Ma il tycoon sa bene – lui di imperi se ne intende – che non puoi cessare di esserlo senza pagare un prezzo enorme, ed è qui che si staglia la prima differenza tra il disimpegno trumpiano e quello messo in scena da Biden con l’epilogo che tutti conosciamo.  Gli Stati Uniti devono pur sempre svolgere il loro compito, e per The Donald ora vi è quello di ripristinare la pece. Una “pax” trumpiana che lui ha garantito per quattro anni e che deve essere raggiunta nuovamente. Non sarà una pace livellata, eguale su tutti gli scenari, e non potrebbe d’altronde esserlo: ciò che vale per l’Ucraina, non vale per il Medio Oriente, e de relato per Taiwan. Sull’Ucraina non si può prescindere dal trattare con Putin, l’uomo insieme a Zelensky che ha in mano le chiavi della pace. Del resto la grande accusa in forma di battuta che i repubblicani hanno rinfacciato ai democratici e all’amministrazione Biden è stato quello di non aver mai “alzato la cornetta del telefono” per parlare con Putin.

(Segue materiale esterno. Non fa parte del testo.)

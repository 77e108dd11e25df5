//! Lists the candidate facts at the symbols of a program.

ghost use Rattle.std.specs.Prelude.{◌≡◌, ◌++◌, ◌<◌, ◌≤◌, suc, nat_eq, if◌then◌else◌, [], IfOk};
ghost use Rattle.std.specs.List.{range_with_len};
ghost use Rattle.its_model.specs.Views.{program_of};
ghost use Rattle.location_facts.specs.Candidates.{candidates, candidates_at, with_symbol, with_plus, with_places};

use crate::checks::last_place;
use crate::fact::LocFact;
use its_model::Program;
use poly_terms::Memory;
use std::alloc::{AllocError, Global};

/// The candidate facts, in order.
///
/// # Errors
///
/// `Memory` if an allocation fails, or if the number of a symbol has more than 32 bits.
pub(crate) fn all_candidates(alloc: Global, p: &Program) -> Result<Vec<LocFact>, Memory>
    ensures { IfOk result (λ all. all.items ≡ candidates (program_of p.now)) }
{
    let mut all = Vec::new(alloc);
    for symbol in 0..to_u32(p.symbols.len())? {
        push_at(&mut all, p, symbol)?;
    }
    Ok(all)
}

/// A count as a number of 32 bits; `Memory` if it needs more.
pub(crate) fn to_u32(count: usize) -> Result<u32, Memory>
    ensures { IfOk result (λ n. n ≡ count) }
{
    u32::try_from(count).map_err(|_| AllocError)
}

// Appends the candidate facts at a symbol.
#[tactic(auto, using(crate::proofs::CandidateLoops::at_start, crate::proofs::CandidateLoops::at_other))]
fn push_at(all: &mut Vec<LocFact>, p: &Program, symbol: u32) -> Result<(), Memory>
    ensures { IfOk result (λ _. all.new.items ≡ all.old.items ++ candidates_at (program_of p.now) symbol) }
{
    if symbol == p.start {
        return Ok(());
    }
    push_symbol(all, symbol, last_place(p, symbol))?;
    Ok(())
}

// Appends the candidate facts at a symbol whose plus and minus are places up to a last one.
fn push_symbol(all: &mut Vec<LocFact>, symbol: u32, last: u32) -> Result<(), Memory>
    requires { last ≤ 8 }
    ensures { IfOk result (λ _. all.new.items
        ≡ all.old.items ++ with_symbol symbol (range_with_len 0 (suc last)) (range_with_len 0 (suc last))) }
{
    for plus in 0..last + 1 {
        push_plus(all, symbol, plus, last)?;
    }
    Ok(())
}

// Appends the candidate facts with this plus, and a minus up to a last place.
fn push_plus(all: &mut Vec<LocFact>, symbol: u32, plus: u32, last: u32) -> Result<(), Memory>
    requires { last ≤ 8 }
    ensures { IfOk result (λ _. all.new.items
        ≡ all.old.items ++ with_plus symbol plus (range_with_len 0 (suc last))) }
{
    for minus in 0..last + 1 {
        push_both(all, symbol, plus, minus)?;
    }
    Ok(())
}

// Appends the candidate facts with these two places, if they differ.
#[tactic(auto, using(crate::proofs::CandidateLoops::both_same, crate::proofs::CandidateLoops::both_differ))]
fn push_both(all: &mut Vec<LocFact>, symbol: u32, plus: u32, minus: u32) -> Result<(), Memory>
    ensures { IfOk result (λ _. all.new.items
        ≡ all.old.items ++ (if nat_eq plus minus then [] else with_places symbol plus minus)) }
{
    if plus == minus {
        return Ok(());
    }
    all.push(fact(symbol, plus, minus, -1))?;
    all.push(fact(symbol, plus, minus, 0))?;
    all.push(fact(symbol, plus, minus, 1))?;
    Ok(())
}

// A fact.
fn fact(symbol: u32, plus: u32, minus: u32, least: i64) -> LocFact
    ensures { result ≡ record { symbol = symbol; plus = plus; minus = minus; least = least } }
{
    LocFact {
        symbol,
        plus,
        minus,
        least,
    }
}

La strada è ardua, anche per Trump, la guerra è andata oltre, e il peso del conflitto non potrà che aggravare le condizioni e i veti da entrambe le parti per il raggiungimento di un accordo. Secondo il Washington Post, Trump e Putin hanno avuto già un colloquio telefonico informale, del quale è stato avvisato anche Zelensky, in cui il Presidente eletto avrebbe, nello stile che gli è proprio, invitato il leader russo a “fermare l’escalation”. Una telefonata che è già un giallo, come spesso avviene in questi casi, con Dimitrij Peskov che ha repentinamente bollato la notizia del Washington Post come “pura fiction”: Secondo il portavoce del Cremlino “l’operazione speciale in Ucraina continuerà” fino “al raggiungimento degli obiettivi prefissati”.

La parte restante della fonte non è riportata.